Monday, 14 November 2022

Vikings 33, Bills 30, OT

I’ve been tuning in recently to the syndicated CBS Sports Radio programming which the FAN in Toronto carries very early on weekend mornings. When its 5am on a Saturday, the host’s job seems to be to float opinions which are controversial, provocative or otherwise inflammatory enough to cause North America's insomniacs and early risers to reach for their phones and call in to explain why the host is wrong. It usually works well enough to occupy the airwaves through these hours when the human spirit is usually at its lowest ebb. Last weekend, host Zach Gelb decided to tell his overnight listeners (Alan McPhee referred to it and them as “vacuumland” when he occupied CBC Radio’s overnight airwaves in the 60s and 70s) that the NFL itself is at a low ebb with fewer and fewer compelling games, explosive plays or memorable moments. He suggested that maybe the shrinking participation in tackle football in the US – from junior and Pop Warner programs to high school and even high level college programs – is starting to filter upward in the form of a watered down talent pool in the NFL. TV ratings are down a bit across the board this season for the NFL but even so, it’s televised games continue to dwarf any other programming on conventional television. Viewership for the Thursday night package is off sharply but I’d say that’s mostly because they are carried by Amazon Prime in the US and not on regular television at all. A slate of Thursday night clunker match-ups doesn't help either. I didn’t call in to disagree but others certainly did.

I wonder if Zach Gelb was watching the Bills and Vikings epic battle in Orchard Park yesterday – or any of the close games the Bills have played already in 2022 in Miami, Baltimore, Kansas City and New York. Anyway, Zach Gelb, I know you have to say things at 5am which you may not really mean but I have a feeling you’ll be casting yesterday’s game in a positive light one day when you’re fawning again over the juggernaut that is the modern NFL.

It’s great to have your team involved in games which become instant classics but I suspect that they’re even more satisfying when you end winning one of them. In retrospect, analysis of most close football games isolates a couple or maybe a few critical plays which, had they gone the other way, would have changed the outcome of the game. I can think of at least ten of those from yesterday: the interceptions in the endzone for sure, the Singletary fumble which if the call on the field had ruled him “down” would have stood as such, the Cam Lewis almost interception which ended up being a miraculous 32 yard catch by Justin Jefferson on a 4th and 18, the botched snap, fumble and Vikings touchdown to name a few. The Vikings should have won the game in regulation if the replay officials had noticed Gabriel Davis’s non-catch with 17 seconds left which helped set up the tying field goal. In short, for viewers without a rooting interest, it was an exciting and at times even shocking game to watch - and easily the best regular season game of 2022. Just like the playoff game in Kansas City in January, it was a testament to how exciting NFL football can be. I’m sure that even Zach Gelb can see that.

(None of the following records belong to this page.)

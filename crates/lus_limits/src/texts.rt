//! The expressions of a declaration's items and constants.

ghost use Rattle.std.specs.Prelude.{◌≡◌, ◌++◌, ◌∷◌, [], IfOk, map, flat_map};
ghost use Rattle.lus_tree.specs.View.{contract_item_view, definition_view, expr_view, item_view, named_view};
ghost use Rattle.lus_streams.specs.Owner.{owner_view};
ghost use Rattle.lus_limits.specs.Parts.{Adds, constant_sides, contract_sides, sides, sides_view, statement_sides, values_of};

use lus_streams::owner::Owner;
use lus_tree::{ContractItem, Definition, Expr, Item, Named};
use std::alloc::{AllocError, Global};

/// The expressions, and behind them those with these labels.
fn push_labelled<'a>(sides: &mut Vec<&'a Expr>, labelled: &'a [Named]) -> Result<(), AllocError>
    ensures { IfOk result (λ _. Adds sides.old.items sides.new.items (values_of (map named_view labelled.now))) }
{
    for named in labelled {
        sides.push(&named.value)?;
    }
    Ok(())
}

/// The expressions, and behind them the values of these constants.
fn push_constants<'a>(
    sides: &mut Vec<&'a Expr>,
    constants: &'a [Definition],
) -> Result<(), AllocError>
    ensures { IfOk result
        (λ _. Adds sides.old.items sides.new.items (constant_sides (map definition_view constants.now))) }
{
    for constant in constants {
        sides.push(&constant.value)?;
    }
    Ok(())
}

/// The expressions, and behind them these arguments.
fn push_arguments<'a>(sides: &mut Vec<&'a Expr>, arguments: &'a [Expr]) -> Result<(), AllocError>
    ensures { IfOk result (λ _. Adds sides.old.items sides.new.items (map expr_view arguments.now)) }
{
    for argument in arguments {
        sides.push(argument)?;
    }
    Ok(())
}

/// The expressions, and behind them that one.
fn push_side<'a>(sides: &mut Vec<&'a Expr>, side: &'a Expr) -> Result<(), AllocError>
    ensures { IfOk result (λ _. Adds sides.old.items sides.new.items (expr_view side.now ∷ [])) }
{
    sides.push(side)?;
    Ok(())
}

/// The expressions, and behind them those with these labels, and then those.
fn push_both_labelled<'a>(
    sides: &mut Vec<&'a Expr>,
    first: &'a [Named],
    second: &'a [Named],
) -> Result<(), AllocError>
    ensures { IfOk result (λ _. Adds sides.old.items sides.new.items
        (values_of (map named_view first.now) ++ values_of (map named_view second.now))) }
{
    push_labelled(sides, first)?;
    push_labelled(sides, second)
}

/// The expressions, and behind them those of an item of a contract.
fn push_contract_item<'a>(
    sides: &mut Vec<&'a Expr>,
    item: &'a ContractItem,
) -> Result<(), AllocError>
    ensures { IfOk result
        (λ _. Adds sides.old.items sides.new.items (contract_sides (contract_item_view item.now))) }
{
    match item {
        ContractItem::Assume(named) | ContractItem::Guarantee(named) => {
            push_side(sides, &named.value)
        }
        ContractItem::Ghost(_, value) => push_side(sides, value),
        ContractItem::Constant(constant) => push_side(sides, &constant.value),
        ContractItem::Mode(_, required, ensured) => push_both_labelled(sides, required, ensured),
        ContractItem::Import(_, _, arguments, _) => push_arguments(sides, arguments),
    }
}

/// The expressions, and behind them those of the items of a contract.
fn push_contract<'a>(sides: &mut Vec<&'a Expr>, items: &'a [ContractItem]) -> Result<(), AllocError>
    ensures { IfOk result
        (λ _. Adds sides.old.items sides.new.items (flat_map contract_sides (map contract_item_view items.now))) }
{
    for item in items {
        push_contract_item(sides, item)?;
    }
    Ok(())
}

/// The expressions, and behind them that of an item of a body.
fn push_item<'a>(sides: &mut Vec<&'a Expr>, item: &'a Item) -> Result<(), AllocError>
    ensures { IfOk result (λ _. Adds sides.old.items sides.new.items (statement_sides (item_view item.now))) }
{
    match item {
        Item::Equation(_, value) | Item::Assert(value) => push_side(sides, value),
        Item::Property(named) => push_side(sides, &named.value),
        Item::Main(_) => Ok(()),
    }
}

/// The expressions, and behind them those of the items of a body.
fn push_body<'a>(sides: &mut Vec<&'a Expr>, items: &'a [Item]) -> Result<(), AllocError>
    ensures { IfOk result
        (λ _. Adds sides.old.items sides.new.items (flat_map statement_sides (map item_view items.now))) }
{
    for item in items {
        push_item(sides, item)?;
    }
    Ok(())
}

/// Every expression of a declaration's items and constants.
///
/// # Errors
///
/// Want of memory.
pub(crate) fn sides_of(alloc: Global, part: Owner<'_>) -> Result<Vec<&Expr>, AllocError>
    ensures { IfOk result (λ v. sides_view v.items ≡ sides (owner_view part.entry)) }
{
    let mut sides = Vec::new(alloc);
    push_contract(&mut sides, part.contract())?;
    push_constants(&mut sides, part.constants())?;
    push_body(&mut sides, part.body())?;
    Ok(sides)
}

After the game, I was in the car and well within range of the WGR radio signal. The fans were angry; some were apoplectic. This team finds new and different excruciating ways to lose games every year, they said. Add this one to the list of franchise heartbreakers. Sure. The bottom line, according to Chris Parker (aka Bulldog) is that with Josh Allen, we’re going to get plenty of spectacular plays but we’re going to have to accept a few “What the hell are you doing!” moments along with them. In some games more than others; maybe for a few games in a row (and we seem to be in one of those stretches right now) but overall, Allen needs to play with an approach somewhere between aggressive and reckless to be at his most effective. He played that way yesterday and he plays that way pretty much all the time. Most teams would take it in a heartbeat.

At 6-3 (the same record as they had after nine games last season) , the Bills, amazingly, have dropped to third place in the AFC East and currently hold the sixth seed in the AFC playoff picture. Four division games remain with three of those at home. Up next, their Lake Erie cousins and perennial NFL doormat, the Cleveland Browns, come to Orchard Park on Sunday. Four days later, they play the Lions in Detroit in the early Thanksgiving Day slot. They should end up 8-3 after those games but who knows.